The Other Side of the Western Wall

Yael praying at Western Wall, Temple Mount, Jerusalem Old City, illustrates Tisha B
(Photo: Avishag Shaar-Yashuv)

To millions of people of faith, the Western Wall represents the Holy City of Jerusalem, making it the holiest site for Jewish people and a significant destination for visitors to the Holy Land. It is also where The Fellowship receives your prayers. However, have you ever wondered what lies on the other side of the Western Wall?

The Western Wall’s Historical Context

The Western Wall is part of a larger wall that once surrounded the Temple Mount complex. It is the closest accessible location for Jewish people to connect with the Temple Mount today. For thousands of years, the Western Wall was the closest Jews could get to the Temple Mount.

Jews can freely pray and celebrate important occasions like bar mitzvahs and weddings at the Western Wall. However, it’s important to note that the Western Wall is not the Temple Mount. The Temple Mount is where the Temples once stood, and God’s presence was palpable. It holds significant importance for the Jewish people as it is the ground on which King Solomon built a sanctuary for God to dwell among His people.

The Significance of the Temple Mount

The Temple Mount is, without a doubt, the most sacred place in the world for the Jewish people. In 1967, during the Six-Day War, Israel achieved an extraordinary victory, liberating Jerusalem, which had been occupied by Jordan for the previous 19 years. Commander Motta Gur’s words, “The Temple Mount is in our hands! I repeat: The Temple Mount is in our hands!” echoed worldwide, marking the first time in two millennia that Jewish sovereignty was asserted over Judaism’s holiest site.
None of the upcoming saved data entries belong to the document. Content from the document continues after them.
//! The whole run of the program.
//!
//! The words of the command line make a request, which a command turns into two texts and a status. They are written
//! last, so nothing is written before all is decided.
ghost use Rattle.std.specs.Prelude.{◌≡◌, ◌≢◌, ◌⊎◌, [], map, IsTrue, IfOk, IfErr, IsErrAnd};
ghost use Rattle.lk_outside.specs.Causes.{HasCause, Rose};
ghost use Rattle.command_words.specs.Lawful.{request_of};
ghost use Rattle.status_lines.specs.Statuses.{code};
ghost use Rattle.status_lines.specs.declared.status.Status.{Status as AnyStatus};
ghost use Rattle.workbench.specs.Endings.{shelved, sunk, Allows, IsResult, IsCutOff, IsDecided, IsUnlessFailed};
ghost use Rattle.workbench.specs.Endings.{StopsAt, IsWell, ReadsNothing, TakesBoth, IsCutIn, EndsQuietly};
ghost use Rattle.workbench.specs.Headline.{IsRun};
ghost use Rattle.command_stops.specs.Stops.{IsFailure};

use crate::command;
use crate::output::write_both;
use cert_text::document_text_law;
use command_stops::Stop;
use command_words::request_of;
use lk_model::OutOfMemory;
use lk_outside::{Gate, Shelf, Sink};
use status_lines::{Ending, Status, code_of_failure, ending_of};
use std::alloc::Global;
use std::thread::Threads;

/// Does what the command line asks for, and returns the status. `headline_law` (`specs/Headline.antt`,
/// `specs/StatusClaim.antt`) says what that means if the inputs are visible and the sinks are empty. If an input is not
/// visible, what is said of 0, 5, 6, 7, 8, 10 and 20 is true of some formula, document, model, answer or edits; of 2
/// nothing is said.
/// - 0, 10, 20: `out` has the result, a model, a refutation; `check` and `verify` accept the input. `say` has nothing.
/// - 1, 2: the command line is not valid, or an input is outside its grammar. `say` has the first fault.
/// - 3, 4, 9: a call failed on the shelf, or on `out` or `say`, whose count of faults rose; memory ran out.
/// - 5: a budget was used up, and `out` may have an unfinished document; or the document that was read is unfinished.
/// - 6, 7, 8: the linear run has too wide a number; too large rows; a check fails: `out` has it, of `extend` `say`.
pub fn run<R: Threads + Sync, H: Shelf, O: Sink, E: Sink, G: Gate>(
    rt: &R,
    alloc: Global,
    words: &[&str],
    shelf: &mut H,
    out: &mut O,
    say: &mut E,
    gate: &G,
) -> u8
    // The run is one of which `headline_law` speaks: with each status but 4 the sinks took the texts of an ending that
    // the words and the inputs allow; if words and visible inputs decide the status, it is that one; or 3, and the
    // shelf's count of faults rose; or 4, and a sink's did; or 9.
    ensures runs { IsRun (map (λ w. w.now) words.now)
        (shelved (H.told shelf.old) (H.faults shelf.old) (H.faults shelf.new) (H.ailing shelf.new)
        (H.current shelf.new))
        (sunk (O.written out.old) (O.written out.new) (O.faults out.old) (O.faults out.new))
        (sunk (E.written say.old) (E.written say.new) (E.faults say.old) (E.faults say.new))
        result }

    // With 4 a sink failed before it took its whole text of such an ending; where it was `out`, `say` is as it was.
    ensures cut { result ≡ 4 → IsCutOff (map (λ w. w.now) words.now)
        (shelved (H.told shelf.old) (H.faults shelf.old) (H.faults shelf.new) (H.ailing shelf.new)
        (H.current shelf.new))
        (sunk (O.written out.old) (O.written out.new) (O.faults out.old) (O.faults out.new))
        (sunk (E.written say.old) (E.written say.new) (E.faults say.old) (E.faults say.new))
        (out.new ≡ out.old) (say.new ≡ say.old) }

    // Where no input is read, the whole shelf is as it was: of unlawful words, and of a command without inputs.
    ensures untouched { ReadsNothing (request_of (map (λ w. w.now) words.now)) → shelf.new ≡ shelf.old }

    // A text of such an ending that is empty leaves its sink as a whole as it was.
    ensures quiet { result ≢ 4 → EndsQuietly (map (λ w. w.now) words.now)
        (shelved (H.told shelf.old) (H.faults shelf.old) (H.faults shelf.new) (H.ailing shelf.new)
        (H.current shelf.new))
        (sunk (O.written out.old) (O.written out.new) (O.faults out.old) (O.faults out.new))
        (sunk (E.written say.old) (E.written say.new) (E.faults say.old) (E.faults say.new))
        result (out.new ≡ out.old) (say.new ≡ say.old) }
{
    match ending(rt, alloc, words, shelf, gate) {
        Ok(ending) => write_ending(
            out,
            say,
            ending.status,
            ending.written.as_slice(),
            ending.said.as_slice(),
        ),
        Err(OutOfMemory) => write_ending(out, say, Status::Memory, b"", b"leank: out of memory\n"),
    }
}

/// How the run ends. Memory may run out for a line that says it.
fn ending<R: Threads + Sync, H: Shelf, G: Gate>(
    rt: &R,
    alloc: Global,
    words: &[&str],
    shelf: &mut H,
    gate: &G,
) -> Result<Ending, OutOfMemory>
    ensures allowed { IfOk result (λ e. Allows (map (λ w. w.now) words.now)
        (shelved (H.told shelf.old) (H.faults shelf.old) (H.faults shelf.new) (H.ailing shelf.new)
        (H.current shelf.new))
        e.status e.written.items e.said.items) }
    ensures well { IfOk result (λ e. IsWell e.status (request_of (map (λ w. w.now) words.now)) (H.ailing shelf.new)) }
    ensures decided { IfOk result (λ e. (status : AnyStatus) →
        IsDecided (request_of (map (λ w. w.now) words.now)) (H.told shelf.old) status →
        IsUnlessFailed (code e.status) status (Rose (H.faults shelf.old) (H.faults shelf.new)) ⊥) }
    ensures untouched { ReadsNothing (request_of (map (λ w. w.now) words.now)) → shelf.new ≡ shelf.old }
{
    document_text_law();
    match perform(rt, alloc, words, shelf, gate) {
        Ok(ending) => Ok(ending),
        Err(stop) => ending_of(alloc, stop),
    }
}

/// Does what the words ask for.
fn perform<R: Threads + Sync, H: Shelf, G: Gate>(
    rt: &R,
    alloc: Global,
    words: &[&str],
    shelf: &mut H,
    gate: &G,
) -> Result<Ending, Stop>
    ensures ok { IfOk result (λ e. IsResult (request_of (map (λ w. w.now) words.now)) (H.told shelf.old)
        e.status e.written.items e.said.items) }
    ensures stop { IfErr result
        (StopsAt (map (λ w. w.now) words.now) (H.told shelf.old) (H.ailing shelf.new) (H.current shelf.new)) }
    ensures cause { HasCause (H.faults shelf.old) (H.faults shelf.new) (IsErrAnd result (λ s. s ≡ Stop.Read)) }
    ensures well { IsTrue (H.ailing shelf.new) → ReadsNothing (request_of (map (λ w. w.now) words.now)) ⊎
        IsErrAnd result IsFailure }
    ensures untouched { ReadsNothing (request_of (map (λ w. w.now) words.now)) → shelf.new ≡ shelf.old }
{
    match request_of(words) {
        Err(number) => Err(Stop::Words(number)),
        Ok(request) => command::perform(rt, alloc, gate, shelf, &request),
    }
}

/// Writes an ending, and returns the status with which the program ends.
fn write_ending<O: Sink, E: Sink>(
    out: &mut O,
    say: &mut E,
    status: Status,
    written: &[u8],
    said: &[u8],
) -> u8
    requires { status ≢ Status.WriteFault }
    ensures ended { result ≢ 4 → (result ≡ code status) × TakesBoth
        (sunk (O.written out.old) (O.written out.new) (O.faults out.old) (O.faults out.new))
        (sunk (E.written say.old) (E.written say.new) (E.faults say.old) (E.faults say.new))
        written.now said.now }
    ensures cut { result ≡ 4 → IsCutIn
        (sunk (O.written out.old) (O.written out.new) (O.faults out.old) (O.faults out.new))
        (sunk (E.written say.old) (E.written say.new) (E.faults say.old) (E.faults say.new))
        written.now said.now (say.new ≡ say.old) }
    ensures out_unused { written.now ≡ [] → out.new ≡ out.old }
    ensures say_unused { said.now ≡ [] → say.new ≡ say.old }
{
    match write_both(out, say, written, said) {
        Ok(()) => status.code(),
        Err(failed) => code_of_failure(failed),
    }
}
The Mistake and Its Consequences

However, a crucial mistake was made. General Moshe Dayan, with good intentions and aiming to maintain freedom of worship for all, allowed the Palestinians to have a degree of control over the Temple Mount. They now have full rights and freedom over the Al-Aqsa Mosque and the Dome of the Rock, which sit directly above the remains of the First and Second Temples. Essentially, they control the Temple Mount. Non-Muslims, including Jews, are not permitted to pray on the Temple Mount under current law. Even the slightest expression of prayer can lead to arrest by the police.

So, the sad reality is that the Temple Mount is not truly in our hands. If it were, there would be genuine freedom for all to worship there. Perhaps a Third Temple, referred to as a “house of prayer for all nations” by God in Isaiah 56:7, would stand on the site.

Our Ongoing Mission

While we wholeheartedly celebrate the miracle of a reunified Jerusalem and express our gratitude to God for this accomplishment, we cannot forget that our work, and His work, is not yet complete. The Temple Mount, the place where God once dwelled, remains of utmost significance. We must continue to pray and never give up on our ultimate goal. We are so close, just on the other side of the wall.

In conclusion, the Western Wall holds great spiritual and historical importance, being the closest connection Jewish people have to the Temple Mount today. While we cherish the reunification of Jerusalem, we must remember the ongoing need to regain complete control and restore true freedom of worship at the Temple Mount. Our prayers and efforts remain vital as we strive towards our ultimate goal.